[TASK INSTRUCTIONS]: Copy each line from the records below in which the word "OnlyTells" is found.
==================================================
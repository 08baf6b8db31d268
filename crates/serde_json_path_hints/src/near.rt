//! Words that are one letter away from each other.

ghost use Rattle.std.specs.Prelude.{◌≡◌, ◌+◌, ◌≤◌, length};
ghost use Rattle.serde_json_path_hints.specs.Conditions.{is_swapped, is_one_letter_away};

/// Whether the word is the name with its first two letters swapped.
fn is_swapped(word: &[u8], name: &[u8]) -> bool
    ensures { result ≡ is_swapped word.now name.now }
{
    match (word, name) {
        ([a, b, word @ ..], [c, d, name @ ..]) => a == d && b == c && word == name,
        _ => false,
    }
}

/// Whether the word is the name with one letter replaced, left out or put in, or with two neighbours swapped, or the name
/// itself. It recurses no deeper than the name is long.
pub(crate) fn is_one_letter_away(word: &[u8], name: &[u8]) -> bool
    ensures { result ≡ is_one_letter_away word.now name.now }
{
    match (word, name) {
        ([a, after_a @ ..], [b, after_b @ ..]) => {
            (a == b && is_one_letter_away(after_a, after_b))
                || after_a == after_b
                || word == after_b
                || after_a == name
                || is_swapped(word, name)
        }
        ([_, after @ ..], []) => after.is_empty(),
        ([], [_, after @ ..]) => after.is_empty(),
        ([], []) => true,
    }
}
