//! The paths that a command line asks for.

ghost use Rattle.std.specs.Prelude.{◌≡◌, ◌∷◌, ℕ, [], List, IfOk, IfSome, MatchOption, OnOk, false, map, string_bytes, take, true};
ghost use Rattle.serde_json_path_functions.specs.Terms.{numbers_view};
ghost use Rattle.serde_json_path.specs.Paths.{path_signatures};
ghost use Rattle.serde_json_path_syntax.specs.Bindings.{pairs_of};
ghost use Rattle.serde_json_path.specs.Fitting.{FitsBuiltin};
ghost use Rattle.jpq_program.specs.Inside.{AreAskedBy, IsAskedBy, OnlyTells, Reads, ReadsFurther, Tells, reading_by, texts_asked};
ghost use Rattle.jpq_program.specs.Inputs.{AreKnown, Opens, OpensFirst, without_mark};
ghost use Rattle.jpq_program.specs.Run.{ArePaths, IsBound, has_text, looked_at_in, path_files_in, path_texts, reading_in, rule_in};
ghost use Rattle.jpq_options.specs.Paths.{path_lines};
ghost use Rattle.std.specs.List.{filter};

use crate::asked_path::AskedPath;
use crate::bindings::{NamedValue, bindings_of, values_of};
use crate::inputs::Inputs;
use crate::refusal::push_refusal;
use crate::streams::{Stop, Streams};
use jpq_options::options::Options;
use jpq_options::paths::path_lines;
use serde_json_path::{Binding, JsonPath, Numbers, ParseErrorKind};
use serde_json_path_hints::hint;
use std::alloc::Global;
use std::io::{Read, Write};

/// How paths are read.
#[derive(Drop)]
struct PathReading<'a> {
    alloc: Global,
    /// The names that stand in paths.
    values: &'a [NamedValue<'a>],
    /// What stands for their texts.
    bindings: Vec<Binding<'a>>,
    /// The numbers of those that some path has.
    used: Vec<usize>,
    /// Whether a refusal has a hint.
    hints: bool,
    /// The rule for numbers, by which paths are read and compare.
    numbers: Numbers,
}

/// What messages call a path: by its name, unless it is the only one.
fn called(name: &Option<String>) -> &str {
    match name {
        Some(name) => name.as_str(),
        None => "the path",
    }
}

impl PathReading<'_> {
    /// A path with values for the names that it has. It fails where memory is refused.
    fn with_values(&mut self, path: JsonPath) -> Result<JsonPath, Stop>
        requires { FitsBuiltin (path_signatures path) }
        ensures fits { IfOk result (λ path. FitsBuiltin (path_signatures path)) }
        ensures kept { Reads self.old self.new }
        ensures bound { IfOk result (λ read.
            IsBound (pairs_of self.old.bindings.items) path read) }
    {
        if self.bindings.is_empty() {
            return Ok(path);
        }
        for (number, value) in self.values.iter().enumerate() {
            if !self.used.contains(&number) && value.is_in(self.alloc, &path)? {
                self.used.push(number)?;
            }
        }
        Ok(path.bound(self.alloc, &self.bindings)?)
    }

    /// Parses a path, or tells why it is none.
    fn parse<W: Write, E: Write>(
        &mut self,
        text: &str,
        name: Option<String>,
        streams: &mut Streams<W, E>,
    ) -> Result<Option<AskedPath>, Stop>
        ensures kept { Reads self.old self.new }
        ensures told { Tells streams.old streams.new }
        ensures read { IfOk result (λ read. MatchOption read
            (streams.new.outcome.refused ≡ true)
            (λ path. (streams.new ≡ streams.old)
            × IsAskedBy (reading_by self.old) text.now path)) }
    {
        let e = match JsonPath::parse_by(self.alloc, text, self.numbers) {
            Ok(path) => {
                let path = self.with_values(path)?;
                let text = String::from_str(self.alloc, text)?;
                return Ok(Some(AskedPath { path, text, name }));
            }
            Err(e) => e,
        };
        if e.kind() == ParseErrorKind::NoMemory {
            return Err(Stop::Memory);
        }
        let mut message = String::new(self.alloc);
        let hint = if self.hints {
            hint(text, &e, self.numbers)
        } else {
            None
        };
        push_refusal(&mut message, called(&name), text, &e, self.numbers, hint)?;
        streams.tell_refusal(message.as_str());
        Ok(None)
    }

    /// Parses the paths of words. Tells of each that is no path. Of several each is called by its number.
    fn parse_words<W: Write, E: Write>(
        &mut self,
        texts: &[&str],
        several: bool,
        paths: &mut Vec<AskedPath>,
        streams: &mut Streams<W, E>,
    ) -> Result<(), Stop>
        ensures kept { Reads self.old self.new }
        ensures told { Tells streams.old streams.new }
        ensures right { IfOk result (λ _. streams.new.outcome.refused ≡ false
            → streams.new ≡ streams.old) }
        ensures read { IfOk result (λ _. paths.old.items ≡ []
            → streams.new.outcome.refused ≡ false → AreAskedBy (reading_by self.old)
            (map (λ text. text.now) texts.now) paths.new.items) }
    {
        for (index, text) in texts.iter().enumerate() {
            let name = if several {
                Some(format!(in self.alloc; "path {}", index.saturating_add(1))?)
            } else {
                None
            };
            if let Some(path) = self.parse(*text, name, streams)? {
                paths.push(path)?;
            }
        }
        Ok(())
    }

    /// Parses the paths of a file's text. Each is called by the file's name and its line.
    fn parse_file<W: Write, E: Write>(
        &mut self,
        file: &str,
        text: &str,
        paths: &mut Vec<AskedPath>,
        streams: &mut Streams<W, E>,
    ) -> Result<(), Stop>
        ensures kept { Reads self.old self.new }
        ensures told { Tells streams.old streams.new }
        ensures right { IfOk result (λ _. streams.new.outcome.refused ≡ false
            → streams.new ≡ streams.old) }
        ensures read { IfOk result (λ _. streams.new.outcome.refused ≡ false
            → ReadsFurther (reading_by self.old)
            (filter has_text (path_lines text.now)) paths.old.items paths.new.items) }
    {
        let lines = path_lines(self.alloc, text)?;
        for (index, line) in lines.iter().enumerate() {
            if line.is_empty() {
                continue;
            }
            let name = format!(in self.alloc; "{file}:{}", index.saturating_add(1))?;
            if let Some(path) = self.parse(*line, Some(name), streams)? {
                paths.push(path)?;
            }
        }
        Ok(())
    }
}

impl PathReading<'_> {
    /// Tells of the first name that no path has.
    fn tell_unused<W: Write, E: Write>(&self, streams: &mut Streams<W, E>) -> Result<(), Stop>
        ensures told { OnlyTells streams.old streams.new }
        ensures none { OnOk result (streams.new ≡ streams.old) }
    {
        for (number, value) in self.values.iter().enumerate() {
            if !self.used.contains(&number) {
                let name = value.name;
                streams.tell(format!(in self.alloc;
                    "jpq: --let {name}: no path has the text '${name}' in a filter\n"
                )?.as_str());
                return Err(Stop::WrongUse);
            }
        }
        Ok(())
    }
}

/// The text of a file of paths.
fn paths_text<I: Inputs, W: Write, E: Write>(
    alloc: Global,
    name: &str,
    inputs: &mut I,
    streams: &mut Streams<W, E>,
) -> Result<String, Stop>
    ensures same { (name : List ℕ) → I.bytes_of inputs.new name ≡ I.bytes_of inputs.old name }
    ensures opens { Opens (I.opened inputs.old) (I.opened inputs.new) (name.now ∷ []) }
    ensures told { IfOk result (λ _. streams.new ≡ streams.old) }
    ensures tells { Tells streams.old streams.new }
    ensures read { IfOk result (λ text. IfSome (I.bytes_of inputs.old name.now)
        (λ bytes. string_bytes text ≡ bytes)) }
{
    let mut text = String::new(alloc);
    let read = match inputs.open(name) {
        Ok(mut input) => input.read_to_string(&mut text),
        Err(e) => Err(e),
    };
    match read {
        Ok(_) => Ok(text),
        Err(e) => {
            streams.tell_refusal(format!(in alloc; "jpq: {name}: cannot be read: {e}\n")?.as_str());
            Err(Stop::Refused)
        }
    }
}

/// A text after a byte order mark, if it begins with one.
fn without_mark(text: &str) -> &str
    ensures { result.now ≡ without_mark text.now }
{
    text.strip_prefix("\u{feff}").unwrap_or(text)
}

/// Whether an input of a name can be read: a folder can be opened, but not read.
fn is_file<I: Inputs>(name: &str, inputs: &mut I) -> bool
    ensures { Opens (I.opened inputs.old) (I.opened inputs.new) (name.now ∷ []) }
{
    match inputs.open(name) {
        Ok(mut input) => input.read(&mut [0]).is_ok(),
        Err(_) => false,
    }
}

/// Tells that the path comes first, where a file's name stands in its place, unless hints are left out.
fn tell_order<I: Inputs, W: Write, E: Write>(
    alloc: Global,
    silent: bool,
    texts: &[&str],
    inputs: &mut I,
    streams: &mut Streams<W, E>,
) -> Result<(), Stop>
    ensures opens { OpensFirst (I.opened inputs.old) (I.opened inputs.new)
        (take 1 (map (λ text. text.now) texts.now)) }
    ensures told { OnlyTells streams.old streams.new }
{
    if silent {
        return Ok(());
    }
    if let Some(text) = texts.first() {
        if *text != "-" && is_file(*text, inputs) {
            let message = format!(in alloc; "jpq: {text} is a file: the path comes first\n")?;
            streams.tell(message.as_str());
        }
    }
    Ok(())
}

/// The rule for numbers, as the options say.
fn numbers_of(options: &Options<'_>) -> Numbers
    ensures { numbers_view result ≡ rule_in options.now }
{
    if options.whole_numbers {
        Numbers::Whole
    } else {
        Numbers::All
    }
}

/// The paths that are asked for: those of the words, then those of the files.
pub(crate) fn asked_paths<I: Inputs, W: Write, E: Write>(
    alloc: Global,
    options: &Options<'_>,
    inputs: &mut I,
    streams: &mut Streams<W, E>,
) -> Result<Vec<AskedPath>, Stop>
    ensures same { IfOk result (λ _.
        (name : List ℕ) → I.bytes_of inputs.new name ≡ I.bytes_of inputs.old name) }
    ensures unopened { IfOk result (λ _. options.now.paths_files.items ≡ []
        → inputs.new ≡ inputs.old) }
    ensures opens { IfOk result (λ _.
        Opens (I.opened inputs.old) (I.opened inputs.new) (path_files_in options.now)) }
    ensures looks { OpensFirst (I.opened inputs.old) (I.opened inputs.new)
        (looked_at_in options.now) }
    ensures right { IfOk result (λ _. streams.new ≡ streams.old) }
    ensures tells { Tells streams.old streams.new }
    ensures read { IfOk result (λ paths.
        AreKnown (I.bytes_of inputs.old) (path_files_in options.now)
        → ArePaths (reading_in options.now) (path_texts (I.bytes_of inputs.old) options.now)
        (map (λ path. path.path) paths.items)) }
    ensures texts { IfOk result (λ paths.
        AreKnown (I.bytes_of inputs.old) (path_files_in options.now)
        → texts_asked paths.items ≡ path_texts (I.bytes_of inputs.old) options.now) }
{
    let values = match values_of(alloc, &options.bindings)? {
        Ok(values) => values,
        Err(word) => {
            let message = format!(in alloc;
                "jpq: --let {word}: a name, '=' and a value are wanted\n"
            )?;
            streams.tell(message.as_str());
            return Err(Stop::WrongUse);
        }
    };
    let mut reading = PathReading {
        alloc,
        values: &values,
        bindings: bindings_of(alloc, &values)?,
        used: Vec::new(alloc),
        hints: !options.silent,
        numbers: numbers_of(options),
    };
    let several = options.paths.len() > 1 || !options.paths_files.is_empty();
    let mut paths = Vec::new(alloc);
    reading.parse_words(&options.paths, several, &mut paths, streams)?;
    for file in &options.paths_files {
        let text = paths_text(alloc, *file, inputs, streams)?;
        reading.parse_file(*file, without_mark(text.as_str()), &mut paths, streams)?;
    }
    if !streams.outcome.refused {
        reading.tell_unused(streams)?;
        return Ok(paths);
    }
    tell_order(alloc, options.silent, &options.paths, inputs, streams)?;
    Err(Stop::Refused)
}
==================================================
[RESULT OF THE EXERCISE]:
ghost use Rattle.jpq_program.specs.Inside.{AreAskedBy, IsAskedBy, OnlyTells, Reads, ReadsFurther, Tells, reading_by, texts_asked};
        ensures told { OnlyTells streams.old streams.new }
    ensures told { OnlyTells streams.old streams.new }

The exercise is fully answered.